My guess is that the difference across age groups would have been dramatically reduced.
Here’s the goal of good survey question writing:
Every respondent should have the identical interpretation of a question. If multiple interpretations exist, then you’re asking different questions of different people and the findings can’t be interpreted.
That defines question validity. Now the truth is that achieving 100% validity is near impossible. Someone for some reason will have some bizarre interpretation of even the most clearly written question. But this measurement error should be a 1% problem, not a 10% or 20% problem.
3) Test for Ambiguity
I always say in my Survey Design Workshops that the worst survey questionnaires are designed by one person in one day. I doubt that’s what happened here, but this example shows the need to challenge the phrasing of every question and to get a project team to review the question wording. Ask yourself, “Are there other ways that people could interpret the question?”

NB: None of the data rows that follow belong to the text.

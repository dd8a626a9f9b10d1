//! What is done with a CPU's cache and its depot, step by step. A round is told by its base.
ghost use Rattle.std.specs.Prelude.{◌≡◌, []};
ghost use Rattle.magazine_layer.specs.Magazines.{IsSize};

use deed_core::{PlainDeed, Range, Route, Segment};
use magazine_layer::{
    CpuCache, Depot, NotGreater, RoundAnswer, RoundOp, RoundRun, is_magazine_size, run_rounds,
};
use std::alloc::AllocGlobal;
use std::process::Abort;

/// What is done with a CPU's cache and its depot, and what must come of it.
#[derive(Clone, Copy)]
pub(super) enum Step {
    /// One run: the rounds from the first base of `given` to below the second are kept, and those
    /// below the first base of `taken` come, down to the second.
    Run {
        given: (u64, u64),
        taken: (u64, u64),
        exchanges: usize,
    },
    /// A run of one taking, which finds no round and exchanges nothing.
    NoRound,
    /// The units of the cache's rounds, and of the depot's.
    Units(u128, u128),
    /// The size of the cache's magazines.
    Size(usize),
    /// The depot's interval ends.
    Tick,
    /// What the depot answers to a new size.
    Resize(usize, Result<(), NotGreater>),
    /// The depot gives these rounds up, and then no more.
    Reaps(&'static [u64]),
    /// The cache alone gives the rounds below the first base, down to the second.
    Takes(u64, u64),
}

pub(super) const NOTHING: (u64, u64) = (0, 0);

/// The round of one unit at `base`.
pub(super) fn round(rt: &impl Abort, base: u64) -> Segment<PlainDeed> {
    let range = Range::new(base, 1).expect(rt, "range");
    Segment::new(1, Route::Cached(1), PlainDeed::new(1, range))
}

/// Where a round stands, and its end.
pub(super) fn base(round: Segment<PlainDeed>) -> u64 {
    round.into_deed().close().base()
}

/// Gives the rounds of the bases from the first to below the second, and then takes as many as
/// those lie between the other two.
fn ops(
    rt: &(impl Abort + AllocGlobal),
    given: (u64, u64),
    taken: (u64, u64),
) -> Vec<RoundOp<PlainDeed>> {
    let mut ops = Vec::new(rt.alloc());
    for base in given.0..given.1 {
        push(rt, &mut ops, RoundOp::Give(round(rt, base)));
    }
    for _ in taken.1..taken.0 {
        push(rt, &mut ops, RoundOp::Take);
    }
    ops
}

fn push(rt: &impl Abort, ops: &mut Vec<RoundOp<PlainDeed>>, op: RoundOp<PlainDeed>) {
    match ops.push(op) {
        Ok(()) => {}
        Err(_) => panic!(rt; "memory"),
    }
}

/// The answers to a run of these operations, and its exchanges.
fn answers_of(
    rt: &(impl Abort + AllocGlobal),
    cpu: &mut CpuCache<PlainDeed>,
    depot: &mut Depot<PlainDeed>,
    ops: Vec<RoundOp<PlainDeed>>,
) -> RoundRun<PlainDeed> {
    if cpu.size() > depot.size() {
        panic!(rt; "the depot is of an older size")
    }
    match run_rounds(rt.alloc(), cpu, depot, ops) {
        Ok(run) => run,
        Err(_) => panic!(rt; "memory"),
    }
}

/// Each round given is kept, and these are taken. It tells the exchanges.
fn run_ops(
    rt: &(impl Abort + AllocGlobal),
    cpu: &mut CpuCache<PlainDeed>,
    depot: &mut Depot<PlainDeed>,
    given: (u64, u64),
    taken: (u64, u64),
) -> usize {
    let RoundRun { answers, exchanges } = answers_of(rt, cpu, depot, ops(rt, given, taken));
    keep_and_take(rt, answers, given, taken);
    exchanges
}

/// Each round given is kept, and these are taken.
fn keep_and_take(
    rt: &impl Abort,
    answers: Vec<RoundAnswer<PlainDeed>>,
    given: (u64, u64),
    taken: (u64, u64),
) {
    let mut answers = answers.into_iter();
    for _ in given.0..given.1 {
        match answers.next() {
            Some(RoundAnswer::Kept) => {}
            _ => panic!(rt; "a round is kept"),
        }
    }
    for wanted in (taken.1..taken.0).rev() {
        match answers.next() {
            Some(RoundAnswer::Taken(round)) => assert_eq!(rt; base(round), wanted),
            _ => panic!(rt; "a round is taken"),
        }
    }
    if answers.len() != 0 {
        panic!(rt; "more answers than operations")
    }
    answers.destroy_empty();
}

/// A taking finds no round.
fn find_none(
    rt: &(impl Abort + AllocGlobal),
    cpu: &mut CpuCache<PlainDeed>,
    depot: &mut Depot<PlainDeed>,
) {
    let RoundRun { answers, exchanges } = answers_of(rt, cpu, depot, ops(rt, NOTHING, (1, 0)));
    assert_eq!(rt; exchanges, 0);
    match single(rt, answers) {
        RoundAnswer::Nothing => {}
        _ => panic!(rt; "a round from nowhere"),
    }
}

/// The depot gives these rounds up, and then none.
fn reap_all(rt: &impl Abort, depot: &mut Depot<PlainDeed>, bases: &[u64]) {
    for wanted in bases {
        assert_eq!(rt; depot.reap().map(base), Some(*wanted));
    }
    match depot.reap() {
        None => {}
        Some(_round) => panic!(rt; "no more is reaped"),
    }
}

/// The cache gives these rounds.
pub(super) fn take_all(rt: &impl Abort, cpu: &mut CpuCache<PlainDeed>, above: u64, last: u64) {
    for wanted in (last..above).rev() {
        assert_eq!(rt; cpu.take().map(base), Some(wanted));
    }
}

fn take_step(
    rt: &(impl Abort + AllocGlobal),
    cpu: &mut CpuCache<PlainDeed>,
    depot: &mut Depot<PlainDeed>,
    step: Step,
) {
    match step {
        Step::Run {
            given,
            taken,
            exchanges,
        } => {
            let made = run_ops(rt, cpu, depot, given, taken);
            assert_eq!(rt; made, exchanges);
        }
        Step::NoRound => find_none(rt, cpu, depot),
        Step::Units(cached, shared) => {
            assert_eq!(rt; (cpu.units(), depot.units()), (cached, shared));
        }
        Step::Size(size) => assert_eq!(rt; cpu.size(), size),
        Step::Tick => depot.tick(),
        Step::Resize(size, answer) => {
            assert!(rt; is_magazine_size(size));
            assert_eq!(rt; depot.resize(size), answer);
        }
        Step::Reaps(bases) => reap_all(rt, depot, bases),
        Step::Takes(above, last) => take_all(rt, cpu, above, last),
    }
}

pub(super) fn run(
    rt: &(impl Abort + AllocGlobal),
    cpu: &mut CpuCache<PlainDeed>,
    depot: &mut Depot<PlainDeed>,
    steps: &[Step],
) {
    for &step in steps {
        take_step(rt, cpu, depot, step);
    }
}

pub(super) fn cache_of(rt: &(impl Abort + AllocGlobal), size: usize) -> CpuCache<PlainDeed>
    requires { IsSize size }
    ensures { result ≡ record { size = size; loaded = []; previous = [] } }
{
    CpuCache::new(rt.alloc(), size).ok().expect(rt, "memory")
}

/// Takes the steps with a new cache and a new depot of these sizes, which have no round at the end.
pub(super) fn run_anew(
    rt: &(impl Abort + AllocGlobal),
    cached: usize,
    shared: usize,
    steps: &[Step],
) {
    assert!(rt; is_magazine_size(cached) && is_magazine_size(shared));
    let mut cpu = cache_of(rt, cached);
    let mut depot = Depot::new(rt.alloc(), shared);
    run(rt, &mut cpu, &mut depot, steps);
    close(rt, cpu);
    close_depot(rt, depot);
}

/// Ends a cache that has no round.
pub(super) fn close(rt: &impl Abort, cpu: CpuCache<PlainDeed>) {
    match cpu.close() {
        Ok(()) => {}
        Err(_) => panic!(rt; "the cache has rounds"),
    }
}

/// Ends a depot that has no round.
pub(super) fn close_depot(rt: &impl Abort, depot: Depot<PlainDeed>) {
    match depot.close() {
        Ok(()) => {}
        Err(_) => panic!(rt; "the depot has rounds"),
    }
}

/// The only member of a list.
pub(super) fn single<T>(rt: &impl Abort, mut items: Vec<T>) -> T {
    let Some(item) = items.pop() else {
        panic!(rt; "none")
    };
    if !items.is_empty() {
        panic!(rt; "more than one")
    }
    items.destroy_empty();
    item
}
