ghost use Rattle.ule_model.specs.Frames.{StepIsMade, StepLeavesRest, StepMovesWord, StepTouches};

/// The law of what a step touches: of every well-made world, the step of an event that a worker can
/// perform changes threads within the event's reach alone, which are there afterwards too, and
/// their records by changes at that time. It does nothing when it runs.
pub fn step_touches()
    ensures { StepTouches }
{}

/// The law of words: the one thread whose lock changes by a step is the one whose word the event
/// and its reply change. It does nothing when it runs.
pub fn step_moves_word()
    ensures { StepMovesWord }
{}

/// The law of what a step leaves: the settings, the numbers of each CPU whose queue lock the event
/// doesn't take, and the balance word where it doesn't take that of CPU 0. It does nothing when it
/// runs.
pub fn step_leaves_rest()
    ensures { StepLeavesRest }
{}

/// The law that a well-made world stays well made by a step. It does nothing when it runs.
pub fn step_is_made()
    ensures { StepIsMade }
{}
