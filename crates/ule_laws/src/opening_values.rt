ghost use Rattle.ule_model.specs.OpeningValues.{OpeningValuesShow};

/// The law of the start: for every setup, the opening values of
/// its locks and empty hands show its world at the start. It does nothing when it runs.
pub fn opening_values_show()
    ensures { OpeningValuesShow }
{}
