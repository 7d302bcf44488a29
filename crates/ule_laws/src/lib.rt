//! The laws by which a value of the code stands for a world: each step of a CPU's value and of the
//! whole scheduler's is that of the world that it shows. Contracts of functions that do nothing say
//! that what a call makes of the value of a chain or of limbo stands for the world after its event,
//! that what the locks guard at the start of a setup stands for its world at the start, and what
//! the step of an event touches, moves and leaves of a world.
#![tactic(auto)]

pub use opening_values::opening_values_show;
pub use sleep_calls::{chain_calls_stand, limbo_calls_stand};
pub use steps::{step_is_made, step_leaves_rest, step_moves_word, step_touches};

pub mod opening_values;
pub mod sleep_calls;
pub mod steps;
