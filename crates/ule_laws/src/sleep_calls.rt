ghost use Rattle.ule_laws.specs.SleepCalls.{ChainCallsStand, LimboCallsStand};

/// The law of a chain's calls: where its value stands for the threads of a world under its lock,
/// the value after `bed`, `take_out` or `change` stands for them after the event, which puts a
/// thread to sleep there, wakes one, or changes the record of one that sleeps there. It does
/// nothing when it runs.
pub fn chain_calls_stand()
    ensures { ChainCallsStand }
{}

/// The law of limbo's calls: where its value stands for the threads of a world under its lock, the
/// value after `unborn`, `bury`, `hatch` or `change` stands for them after the event, which returns,
/// buries or hatches a thread, or changes the record of one that is there. It does nothing when it
/// runs.
pub fn limbo_calls_stand()
    ensures { LimboCallsStand }
{}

This example also highlights the value of pilot testing a survey before going live. A good pilot tester would have asked the test subjects, “Why do you feel it’s not okay for someone to use their phone while in queue.” They likely would have heard that being subjected to other people’s phone conversations in public is rude. Then, the problems with that survey question wording may have become evident.
And could we please stop using the poorly descriptive term “cellphones” or “smartphones”? They’re mobile computing devices.